Blind SQL injection (Boolean-based) relies on differences in the application's response (e.g., page content, HTTP status) based on whether a condition is true or false. Time-based SQL injection is a subtype of blind injection used when no visible difference exists; it uses database delay functions to infer the condition. For example, if the condition is true, the database sleeps for 5 seconds. Both are 'blind' because no data is directly output, but time-based is specifically for scenarios with no observable true/false difference.

Can SQL injection be exploited on a login page without seeing error messages?

Yes, through blind SQL injection. Even if no error messages are shown, the application may respond differently to valid vs. invalid credentials. For example, a successful login might redirect to a dashboard, while a failed login stays on the login page. An attacker can inject a condition like ' OR 1=1 -- to bypass authentication, or use Boolean-based blind to extract password hashes character by character. Time-based blind can also be used if the response time varies based on the condition.

What is the correct syntax for a time-based delay in MySQL?

In MySQL, the correct function is SLEEP(seconds). For example: ' OR SLEEP(5) -- causes a 5-second delay if the condition is true. Note that SLEEP() is a function and must be used in a context where it is executed. Common payload: ' OR IF(condition, SLEEP(5), 0) --. The IF() function evaluates the condition and executes SLEEP(5) if true.
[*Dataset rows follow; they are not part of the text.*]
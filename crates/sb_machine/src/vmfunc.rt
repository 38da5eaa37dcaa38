//! VMFUNC: the core goes on in another view, or the kernel refuses.

ghost use Rattle.std.specs.Prelude.{◌≡◌, ◌<◌, length};
ghost use Rattle.sb_abi.specs.Numbers.{status_number};
ghost use Rattle.sb_insn.specs.Grammar.{IsValid};
ghost use Rattle.sb_trace.specs.State.{State};
ghost use Rattle.sb_machine.specs.StandsFor.{IsMachineOf};
ghost use Rattle.sb_machine.specs.Outcomes.{refusal_outcome, regs_behind, home_line, homecoming, core_in_flight, departure, switch_outcome};

use crate::outcome::{fault, home_state};
use crate::parts::Parts;
use crate::processor::{Core, CoreState, Origin};
use sb_abi::{COMPARE_KEY, CallStatus, VMFUNC_PHASE};
use sb_bus::FaultKind;
use sb_insn::{Insn, Regs};
use sb_root::{Switch, switch};
use sb_state::{eax, ecx, refusal_regs};
use sb_trace::Event;

/// A switch that the kernel refuses, with its line: at home with a status, in a server's view as a fault at the VMFUNC.
fn refuse(parts: &mut Parts, number: u8, line: Event, status: CallStatus) -> Event
    requires there { number < length parts.old.cores }
    requires stands { (state : State) × IsMachineOf parts.old state }
    ensures { (result, parts.new) ≡ refusal_outcome parts.old number line (status_number status) }
{
    let state = parts.core(number).state;
    if state.view == 0 {
        let regs = refusal_regs(&state.regs, status);
        parts.set_state(number, CoreState { regs, ..state });
        line
    } else {
        fault(parts, number, FaultKind::Switch, state.regs.rip)
    }
}

/// The registers at the instruction behind this one.
pub fn regs_behind(insn: &Insn, regs: &Regs) -> Regs
    requires { IsValid insn.now }
    ensures { result ≡ regs_behind insn.now regs.now }
{
    Regs {
        rip: regs.rip.wrapping_add(insn.length() as u64),
        ..*regs
    }
}

/// The line of a way into the home view: the end of a refused call in flight, a turn, or a return.
pub fn home_line(phase: Option<u8>, view: u16) -> Event
    ensures { result ≡ home_line phase view }
{
    match phase {
        Some(phase) => Event::Landing { phase },
        None if view == 0 => Event::Turn,
        None => Event::Return,
    }
}

/// The core goes on in its home view.
fn come_home(parts: &mut Parts, number: u8, insn: &Insn, eptp: u64) -> Event
    requires there { number < length parts.old.cores }
    requires valid { IsValid insn.now }
    ensures { (result, parts.new) ≡ homecoming parts.old number insn.now eptp }
{
    let state = parts.core(number).state;
    let regs = regs_behind(insn, &state.regs);
    parts.set_state(number, home_state(eptp, &state, regs));
    home_line(state.phase, state.view)
}

/// The core goes on in the view of a server: a flight begins.
fn depart(parts: &mut Parts, number: u8, insn: &Insn, index: u16, eptp: u64) -> Event
    requires there { number < length parts.old.cores }
    requires valid { IsValid insn.now }
    ensures { (result, parts.new) ≡ departure parts.old number insn.now index eptp }
{
    let core = parts.core(number);
    let origin = Origin {
        regs: core.state.regs,
        view: core.state.view,
    };
    let state = CoreState {
        regs: regs_behind(insn, &core.state.regs),
        eptp,
        view: index,
        phase: Some(COMPARE_KEY),
        ..core.state
    };
    let in_flight = Core {
        state,
        origin: Some(origin),
        ..core
    };
    parts.set_core(number, in_flight);
    Event::Landing {
        phase: VMFUNC_PHASE,
    }
}

/// VMFUNC of a core, and its line.
#[tactic(auto, using(crate::proofs::Places::list_frame), unfolding(sb_root::specs::Switch::switch_result))]
pub fn vmfunc(parts: &mut Parts, number: u8, insn: &Insn) -> Event
    requires there { number < length parts.old.cores }
    requires valid { IsValid insn.now }
    requires stands { (state : State) × IsMachineOf parts.old state }
    ensures { (result, parts.new) ≡ switch_outcome parts.old number insn.now }
{
    let state = parts.core(number).state;
    let index = ecx(&state.regs);
    match switch(&mut parts.memory, state.list, eax(&state.regs), index) {
        Ok(Switch::To { eptp }) if index == 0 => come_home(parts, number, insn, eptp),
        Ok(Switch::To { eptp }) => depart(parts, number, insn, index as u16, eptp),
        Ok(Switch::BadLeaf) => refuse(parts, number, Event::BadLeaf { index }, CallStatus::BadLeaf),
        Ok(Switch::Unbound) | Err(_) => {
            refuse(parts, number, Event::Unbound { index }, CallStatus::Unbound)
        }
    }
}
How does sqlmap automate SQL injection detection?

sqlmap is a Python tool that automatically detects and exploits SQL injection vulnerabilities. It works by sending various payloads to the target URL and analyzing responses. It can identify the database type, extract data, and even spawn an interactive shell. Basic usage: sqlmap -u 'http://example.com/page?id=1' --batch. It tests parameters for error-based, union-based, blind, and time-based injection. It also has options to set delays, threads, and evasion techniques.

What is the role of the '--' comment in SQL injection?

The double dash '--' is a comment in SQL that tells the database to ignore the rest of the query. In injection, it is used to remove any trailing SQL syntax (like a closing quote or WHERE clause) that would otherwise cause an error. For example, if the original query is SELECT * FROM users WHERE username = '$input', injecting ' OR 1=1 -- results in SELECT * FROM users WHERE username = '' OR 1=1 --', which comments out the final quote, making the query valid.

Can NoSQL databases be vulnerable to injection?

Yes, NoSQL databases like MongoDB are also vulnerable to injection, but the attack vector is different. Instead of SQL, the injection targets the query language (e.g., MongoDB's JSON-based queries). For example, a login form might pass a JSON object like {username: userInput, password: passInput}. An attacker could inject {username: {$ne: null}, password: {$ne: null}} to bypass authentication. The PT0-002 exam may test this as a form of injection, but SQL injection is more common.